The persons involved in the verification of an application for issuance of shares
may not have any interests to share with or accept gifts from the applicant, or
hold shares the application for the issuance of which they have verified, or have
any private contact with the applicant.
The department authorized by the State Council shall examine and approve
applications for issuance of corporate bonds by reference to the provisions in
the preceding two paragraphs.
After verification and prior to the issue of shares, an issuer is required to publicise the
proposed issue.68 Professionals who prepare documentation for the issue of securities
are required to comply with a duty to prepare documents which are "truthful, accurate and
complete".69 Where there is an underwriter, the underwriter is required to ensure the
"truthfulness, accuracy and completeness of the public issue documents".70 The company
is also required to use the capital raised by a share issue for the purposes stated in the
prospectus, although a change in purpose may occur if this is ratified by the shareholders'
meeting.71
Shares may be issued in two ways under the law; first, by offering them to the public
through securities companies who act as underwriters or, second, by issuing them to existing shareholders.72 Of the shares to be issued to the public, the law provides for two
methods of underwriting; first, securities companies may underwrite the issue of such
shares to the public by the securities company acting as an agent of the company; second,
the securities company may underwrite the securities by way of contract.

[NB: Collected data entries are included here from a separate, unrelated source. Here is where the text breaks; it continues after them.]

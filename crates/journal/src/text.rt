//! Texts of the log: printable ASCII, of bounded length.
ghost use Rattle.std.specs.Prelude.{◌≡◌, ◌≤◌, ◌+◌, ◌-◌, ◌^◌, ◌++◌, [], length, map, take, true};
ghost use Rattle.std.specs.List.{list_all};
ghost use Rattle.arrayvec.specs.ArrayString.{array_string_len};
ghost use Rattle.journal.specs.Printable as spelling;

use arrayvec::ArrayString;
use std::fmt;
use std::marker::Model;

/// Returns whether the byte is a space or a graphic character of ASCII.
fn is_printable(byte: u8) -> bool
    ensures { result ≡ spelling.is_printable byte }
{
    b' ' <= byte && byte <= b'~'
}

/// Returns the byte, or a question mark if it is not printable.
fn shown(byte: u8) -> u8
    ensures { result ≡ spelling.shown byte }
{
    if is_printable(byte) { byte } else { b'?' }
}

/// A text of at most `N` characters, each printable ASCII.
#[derive(Drop)]
pub struct Text<const N: usize> {
    text: ArrayString<N>,
}

impl<const N: usize> Model for Text<N> {
    ghost use Rattle.std.specs.Prelude.{◌≡◌, ◌≤◌, ◌^◌, List, ℕ, true};
    ghost use Rattle.std.specs.List.{list_all};
    ghost use Rattle.journal.specs.Printable as spelling;

    ghost Value = { List ℕ };

    ghost view = { λ t. t.text.bytes };

    ghost invariant = { λ t. (N ≤ 2 ^ 24) × (list_all spelling.is_printable t.text.bytes ≡ true) };
}

/// Appends these bytes, with a question mark for each that is not printable.
fn push_shown<const N: usize>(text: &mut ArrayString<N>, bytes: &[u8])
    requires few { N ≤ 2 ^ 24 }
    requires room { array_string_len text.old + length bytes.now ≤ N }
    ensures { text.new.bytes ≡ text.old.bytes ++ map spelling.shown bytes.now }
{
    for byte in bytes {
        text.push(char::from(shown(*byte)));
    }
}

impl<const N: usize> Text<N> {
    /// Returns an empty text.
    pub fn new() -> Text<N>
        requires { N ≤ 2 ^ 24 }
        ensures { result ≡ [] }
    {
        Text {
            text: ArrayString::new(),
        }
    }

    /// Appends these bytes, with `?` for each that is not printable, as far as there is room.
    pub fn add(&mut self, bytes: &[u8])
        ensures { self.new ≡ self.old ++ map spelling.shown (take (N - length self.old) bytes.now) }
    {
        let room = self.text.remaining_capacity().min(bytes.len());
        push_shown(&mut self.text, &bytes[..room]);
    }

    /// Returns the text.
    pub fn as_str(&self) -> &str
        ensures value { result.now ≡ self.now }
        ensures printable { list_all spelling.is_printable self.now ≡ true }
    {
        self.text.as_str()
    }

    /// Returns the number of its characters.
    pub fn len(&self) -> usize
        ensures value { result ≡ length self.now }
        ensures short { result ≤ N }
    {
        self.text.len()
    }
}

/// Appends what is written, as `add` does, as far as there is room. Never fails.
impl<const N: usize> fmt::Write for Text<N> {
    fn write_str(&mut self, s: &str) -> fmt::Result {
        self.add(s.as_bytes());
        Ok(())
    }
}

impl<const N: usize> fmt::Display for Text<N> {
    fn fmt<W: fmt::Write>(&self, f: &mut fmt::Formatter<W>) -> fmt::Result {
        f.write_str(self.as_str())
    }
}
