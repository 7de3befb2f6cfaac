//! Reads association requests.
ghost use Rattle.std.specs.Prelude.{◌≡◌, ◌≤◌, ◌<◌, ◌↔◌, ◌+◌, length, take, drop, List, ℕ, IfOk, IfErr, IfSome, OnErr, None};
ghost use Rattle.pdu.specs.Items.{request_record, maximum_in, items_of};
ghost use Rattle.pdu.specs.Record.{RequestRecord};
ghost use Rattle.pdu.specs.Request.{RequestText, IsRequest};
ghost use Rattle.pdu.specs.Refusal.{RequestFault, request_fault};

use crate::checking::check_items;
use crate::contexts::Contexts;
use crate::fault::PduFault;
use crate::item::content_in;
use crate::item_type;
use byteorder::{BigEndian, ByteOrder};
use element::{AeTitle, unpadded};
use std::marker::Model;

/// A valid A-ASSOCIATE-RQ (PS3.8 section 9.3.2), which borrows from the body of the PDU.
#[derive(Drop)]
pub struct Request<'a> {
    version: u16,
    called: AeTitle,
    calling: AeTitle,
    reserved: &'a [u8],
    application_context: &'a [u8],
    maximum: u32,
    items: &'a [u8],
}

impl<'a> Model for Request<'a> {
    ghost use Rattle.pdu.specs.Record.{RequestRecord};
    ghost use Rattle.pdu.specs.Request.{IsRequest};

    ghost Value = { RequestRecord };

    ghost use Rattle.pdu.specs.machine.View.{asked};

    ghost view = { asked };

    ghost invariant = { λ r. IsRequest (asked r) };
}

impl<'a> Request<'a> {
    /// Does nothing. Its contract states what the type guarantees: 32 reserved bytes, and
    /// presentation context IDs that are odd and distinct, hence at most 128 contexts.
    pub fn keeps(&self)
        ensures request { IsRequest self.now }
        ensures few { length self.now.contexts ≤ 128 }
    {
        // The prover uses the guarantee of a type where a field is named.
        let _ = &self.reserved;
    }

    /// Returns the protocol version, a bit field whose bit 0 means version 1.
    pub fn version(&self) -> u16
        ensures { result ≡ self.now.version }
    {
        self.version
    }

    /// Returns the called AE title.
    pub fn called(&self) -> AeTitle
        ensures { result.0 ≡ self.now.called }
    {
        self.called
    }

    /// Returns the calling AE title.
    pub fn calling(&self) -> AeTitle
        ensures { result.0 ≡ self.now.calling }
    {
        self.calling
    }

    /// Returns the 32 reserved bytes after the titles, which an A-ASSOCIATE-AC repeats.
    pub fn reserved(&self) -> &'a [u8]
        ensures value { result.now ≡ self.now.reserved }
        ensures size { length result.now ≡ 32 }
    {
        self.reserved
    }

    /// Returns the application context name, without trailing zero bytes and spaces.
    pub fn application_context(&self) -> &'a [u8]
        ensures { result.now ≡ self.now.application_context }
    {
        self.application_context
    }

    ghost use Rattle.pdu.specs.Remaining.{proposals_remaining};

    /// Returns an iterator over the proposed presentation contexts in their order, at most 128.
    pub fn contexts(&self) -> Contexts<'a>
        ensures value { proposals_remaining result ≡ self.now.contexts }
        ensures few { length self.now.contexts ≤ 128 }
    {
        Contexts::of(self.items)
    }

    /// Returns the greatest length of a P-DATA-TF PDU that the peer receives, in bytes. It is 0, no
    /// limit, if the request has no maximum length or one of 0.
    pub fn maximum(&self) -> u32
        ensures { result ≡ self.now.maximum }
    {
        self.maximum
    }
}

/// The AE titles of a request.
#[derive(Clone, Copy, Debug)]
pub struct Titles {
    pub called: AeTitle,
    pub calling: AeTitle,
}

/// The number of bytes in the body of an A-ASSOCIATE-RQ up to the end of its AE titles.
pub const TITLES_END: usize = 36;

/// The number of bytes in the body of an A-ASSOCIATE-RQ before its first item.
const BEFORE_ITEMS: usize = 68;

/// Returns the AE titles in the body of an A-ASSOCIATE-RQ, even if it is invalid or unfinished, or
/// `None` if it ends before they do.
pub fn read_titles(body: &[u8]) -> Option<Titles>
    ensures called { IfSome result (λ t. t.called.0 ≡ (request_record body.now).called) }
    ensures calling { IfSome result (λ t. t.calling.0 ≡ (request_record body.now).calling) }
    ensures none { (result ≡ None) ↔ (length body.now < 36) }
{
    if body.len() < TITLES_END {
        return None;
    }
    let (called, calling) = (title_at(body, 4), title_at(body, 20));
    Some(Titles { called, calling })
}

/// Reads the body of an A-ASSOCIATE-RQ (PS3.8 section 9.3.2), the bytes after the head of the PDU.
/// Allocates nothing and takes time linear in the body. If the body is invalid, the error is the
/// first fault, in the order of its items.
pub fn read_request(body: &[u8]) -> Result<Request<'_>, PduFault>
    ensures record { IfOk result (λ r. r ≡ request_record body.now) }
    ensures text { IfOk result (λ r. RequestText r body.now) }
    ensures fault { IfErr result (λ f. RequestFault body.now f) }
    ensures only { OnErr result ((r : RequestRecord) → RequestText r body.now → ⊥) }
{
    if body.len() < BEFORE_ITEMS {
        return Err(PduFault::BadLength);
    }
    let (_, items) = body.split_at(BEFORE_ITEMS);
    match check_items(items) {
        Ok(()) => Ok(view(body)),
        Err(fault) => Err(fault),
    }
}

/// Returns the request of a valid body.
fn view<'a>(body: &'a [u8]) -> Request<'a>
    requires { request_fault body.now ≡ None }
    ensures { result ≡ request_record body.now }
{
    let (_fixed, items) = body.split_at(BEFORE_ITEMS);
    Request {
        version: BigEndian::read_u16(body),
        called: title_at(body, 4),
        calling: title_at(body, 20),
        reserved: &body[TITLES_END..BEFORE_ITEMS],
        application_context: unpadded(content_in(item_type::APPLICATION_CONTEXT, items)),
        maximum: maximum_of(items),
        items,
    }
}

/// Returns the AE title in the 16 bytes at the offset `offset`.
fn title_at(body: &[u8], offset: usize) -> AeTitle
    requires { offset + 16 ≤ length body.now }
    ensures { result.0 ≡ take 16 (drop offset body.now) }
{
    let mut title = [0; 16];
    title.copy_from_slice(&body[offset..offset + 16]);
    AeTitle(title)
}

/// Returns the maximum length in the user information, in bytes, or 0 if it is absent.
fn maximum_of(items: &[u8]) -> u32
    ensures { result ≡ maximum_in (items_of items.now) }
{
    let value = content_in(
        item_type::MAXIMUM_LENGTH,
        content_in(item_type::USER_INFORMATION, items),
    );
    if value.len() == 4 {
        BigEndian::read_u32(value)
    } else {
        0
    }
}
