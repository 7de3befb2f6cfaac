//! The AE titles of an A-ASSOCIATE-RQ.
use crate::text::Text;
use element::AeTitle;
use pdu::read_titles;
use service::Consumed;

/// An AE title, as the log shows it.
pub(crate) type Title = Text<16>;

/// The size in bytes of the header of a PDU.
const HEAD: usize = 6;

/// Returns the body of the request that is complete with this input, the first PDU received.
pub(crate) fn body_of<'a>(consumed: &Consumed<'a>) -> &'a [u8] {
    match consumed.whole.get(HEAD..) {
        Some(body) => body,
        None => &[],
    }
}

/// Returns a title without leading and trailing spaces. Quotation marks enclose it in a line, so
/// each of its own is shown as `?`.
fn shown_title(title: AeTitle) -> Title {
    let mut text = Title::new();
    for byte in title.trimmed() {
        let shown = if *byte == b'"' { b'?' } else { *byte };
        text.add(&[shown]);
    }
    text
}

/// Returns the called and the calling AE title of a request, if this beginning of its body has
/// them.
pub(crate) fn shown_titles(body: &[u8]) -> Option<(Title, Title)> {
    let titles = read_titles(body)?;
    Some((shown_title(titles.called), shown_title(titles.calling)))
}
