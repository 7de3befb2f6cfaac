//! The faults of an A-ASSOCIATE-RQ.
ghost use Rattle.std.specs.Prelude.{◌≡◌};

use std::fmt;

/// Why an A-ASSOCIATE-RQ is invalid. Each fault has a number.
#[derive(Clone, Copy, Debug, PartialEq, Eq)]
pub enum PduFault {
    /// 31: a body of fewer than 68 bytes, an item or sub-item that passes the end of the body or
    /// item around it, one to three bytes after the last item, or a proposed presentation context
    /// without its ID and reserved bytes.
    BadLength,
    /// 32: a second application context, user information or maximum length, a maximum length that
    /// is not of four bytes, or a proposed presentation context without exactly one abstract syntax
    /// and at least one transfer syntax.
    BadItem,
    /// 33: an even presentation context ID.
    BadContextId,
    /// 34: the presentation context ID of an earlier proposed presentation context.
    DoubleContext,
    /// 35: no application context, no proposed presentation context or no user information.
    Missing,
}

impl PduFault {
    ghost use Rattle.pdu.specs.Fault.{fault_name, fault_number};

    /// Returns the number of the fault, from 31 to 35.
    pub fn number(self) -> u8
        ensures { result ≡ fault_number self }
    {
        match self {
            PduFault::BadLength => 31,
            PduFault::BadItem => 32,
            PduFault::BadContextId => 33,
            PduFault::DoubleContext => 34,
            PduFault::Missing => 35,
        }
    }

    /// Returns the name of the fault, which is that of the variant.
    pub fn name(self) -> &'static str
        ensures { result.now ≡ fault_name self }
    {
        match self {
            PduFault::BadLength => "BadLength",
            PduFault::BadItem => "BadItem",
            PduFault::BadContextId => "BadContextId",
            PduFault::DoubleContext => "DoubleContext",
            PduFault::Missing => "Missing",
        }
    }
}

/// Prints the number and the name, as `31 BadLength`.
impl fmt::Display for PduFault {
    fn fmt<W: fmt::Write>(&self, f: &mut fmt::Formatter<W>) -> fmt::Result {
        write!(f, "{} {}", self.number(), self.name())
    }
}
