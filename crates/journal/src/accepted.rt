//! Which of the proposed presentation contexts were accepted (PS3.8 section 9.3.3).
use negotiate::ContextRow;

/// Which contexts were accepted, indexed by half their IDs, which are odd.
#[derive(Clone, Copy)]
pub(crate) struct Accepted([bool; 128]);

impl Accepted {
    /// Returns which contexts have a row in this table.
    pub(crate) fn of(rows: &[ContextRow]) -> Accepted {
        let mut accepted = Accepted([false; 128]);
        for row in rows {
            accepted.0[usize::from(row.id / 2)] = true;
        }
        accepted
    }

    /// Returns whether the context with this ID was accepted.
    pub(crate) fn has(&self, id: u8) -> bool {
        self.0[usize::from(id / 2)]
    }
}
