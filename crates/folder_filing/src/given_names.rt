//! The state of the numbering of a filing's files.
ghost use Rattle.std.specs.Prelude.{◌≡◌, ◌≤◌, OnOk, OnErr, ◌∷◌, [], None, true};
ghost use Rattle.folder_filing.specs.declared.call.Call.TheVariants as seen;

use crate::drafts::DraftPath;
use crate::folder_calls::FolderCalls;
use crate::location::{Layout, Location};
use crate::numbers::NumbersFile;
use element::history::History;
use std::alloc::Allocator;
use std::marker::Model;

/// The state of a filing's numbering: its draft, the location of the last file, the file of
/// numbers, if one is used, and for contracts the system calls that gave names.
#[derive(Drop)]
pub(crate) struct GivenNames<A: Allocator> {
    /// The path of the filing's draft.
    pub(crate) draft: DraftPath<A>,
    pub(crate) layout: Layout,
    /// The location of the folder's last file, of any filing, when this filing last checked.
    pub(crate) last: Location,
    pub(crate) numbers: Option<NumbersFile<A>>,
    /// Whether files and their names are synced to the disk.
    pub(crate) has_sync: bool,
    pub(crate) calls: FolderCalls,
    /// For contracts: the locations of the files whose commits were reported, oldest first.
    reported: History<Location>,
}

impl<A: Allocator> Model for GivenNames<A> {
    ghost use Rattle.std.specs.Prelude.{option_map, reverse};
    ghost use Rattle.folder_filing.specs.Naming.{Naming};

    ghost Value = { Naming };

    ghost view = { λ n. record {
      own = record { draft = n.draft; reported = reverse n.reported };
      layout = n.layout;
      last = n.last;
      kept = option_map (λ f. f.kept) n.numbers;
      has_sync = n.has_sync;
      calls = n.calls;
    } };
}

impl<A: Allocator> GivenNames<A> {
    ghost use Rattle.folder_filing.specs.Naming.{IsNameSynced, IsNewest, IsOrderly, is_unreported, standing};

    /// Creates the state before the first commit. The next file is numbered after `last`.
    pub(crate) fn new(
        draft: DraftPath<A>,
        layout: Layout,
        last: Location,
        numbers: Option<NumbersFile<A>>,
        has_sync: bool,
    ) -> GivenNames<A>
        ensures own { result.own ≡ record { draft = draft; reported = [] } }
        ensures none { result.calls ≡ [] }
        ensures layout { result.layout ≡ layout }
        ensures last { result.last ≡ last }
        ensures sync { result.has_sync ≡ has_sync }
        ensures orderly { IsOrderly result }
    {
        GivenNames {
            draft,
            layout,
            last,
            numbers,
            has_sync,
            calls: FolderCalls::new(),
            reported: History::new(),
        }
    }

    /// Records that the commit of the file at this location, the last one named, is reported, for
    /// the first time.
    pub(crate) fn report(&mut self, location: Location)
        requires newest { ∥ IsNewest location (standing self.old.calls) ∥₁ }
        requires unreported { is_unreported self.old.calls ≡ true }
        requires synced { self.old.has_sync ≡ true → IsNameSynced self.old.calls }
        ensures reported { self.new ≡ record self.old {
          own = record self.old.own { reported = location ∷ self.old.own.reported };
          calls = seen.Reported location ∷ self.old.calls;
        } }
        ensures orderly { ∥ IsOrderly self.old ∥₁ → ∥ IsOrderly self.new ∥₁ }
    {
        self.calls.report(location);
        self.reported.push(&location);
    }
}
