//! The names and the paths of drafts, the files that are being received.
ghost use Rattle.std.specs.Prelude.{◌≡◌, IfOk};
ghost use Rattle.folder_filing.specs.EntryNames as entry_names;

use crate::folder_calls::remove_remaining;
use std::alloc::{AllocError, Allocator};
use std::io;
use std::marker::Model;
use std::rt::Files;

/// The path of a draft. Removing it never costs a committed file its name. Its value in contracts
/// is the number of the draft.
#[derive(Drop)]
pub(crate) struct DraftPath<A: Allocator> {
    number: u32,
    text: String<A>,
}

impl<A: Allocator> Model for DraftPath<A> {
    ghost use Rattle.std.specs.Prelude.{ℕ};

    ghost Value = { ℕ };

    ghost view = { λ p. p.number };
}

impl<A: Allocator> DraftPath<A> {
    /// Returns the path of the draft of the filing with this number in a folder: `DRAFT` for 1,
    /// `DRAFT2` for 2 and so on; no filing has number 0.
    pub(crate) fn of(alloc: A, dir: &str, number: u32) -> Result<DraftPath<A>, AllocError>
        ensures { IfOk result (λ path. path ≡ number) }
    {
        let text = match number {
            1 => format!(in alloc; "{dir}/DRAFT")?,
            _ => format!(in alloc; "{dir}/DRAFT{number}")?,
        };
        Ok(DraftPath { number, text })
    }

    /// Returns the path of a draft that was found in a folder under this name.
    pub(crate) fn found(alloc: A, dir: &str, name: &str) -> Result<DraftPath<A>, AllocError> {
        let text = format!(in alloc; "{dir}/{name}")?;
        Ok(DraftPath { number: 0, text })
    }

    pub(crate) fn as_str(&self) -> &str {
        self.text.as_str()
    }

    /// Returns the number of the draft.
    pub(crate) fn number(&self) -> u32
        ensures { result ≡ self.now }
    {
        self.number
    }

    /// Removes the draft; does nothing if there is none.
    pub(crate) fn remove<R: Files>(&self, rt: &R) -> io::Result<()> {
        remove_remaining(rt, self.as_str())
    }
}

/// Returns whether all of these bytes are decimal digits.
fn are_digits(bytes: &[u8]) -> bool
    ensures { result ≡ entry_names.are_digits bytes.now }
{
    bytes.iter().all(|byte| byte.is_ascii_digit())
}

/// Returns whether a name is that of a draft of any filing but the first: `DRAFT` and at least one
/// decimal digit.
pub(crate) fn is_further_draft(name: &str) -> bool
    ensures { result ≡ entry_names.is_further_draft name.now }
{
    let name = name.as_bytes();
    name.len() > 5 && name.starts_with(b"DRAFT") && are_digits(&name[5..])
}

In the former
situation, the underwriter may return unsold shares to the company at the end of the underwriting period while in the latter case, the underwriter must itself purchase all unsold
shares at the end of the underwriting period.73 In the event of the value of the securities
being issued having a face value of more than RMB50 million (or about AUD$10 million),
an underwriting group must underwrite the issue.74
Turning to the trading in securities, only securities which have been issued in compliance
with the legal requirements for the issue of securities may be traded.75 Securities trading
on a stock exchange must take place by way of public bidding for the shares, giving priority
to highest bids and bids which are first in time. As Art 33 states:
Securities that are quoted and traded on stock exchanges shall be traded in the
manner of public, centralized trading at competing prices.
Centralized competitive pricing for securities trading shall follow the principle of
price precedence and time precedence.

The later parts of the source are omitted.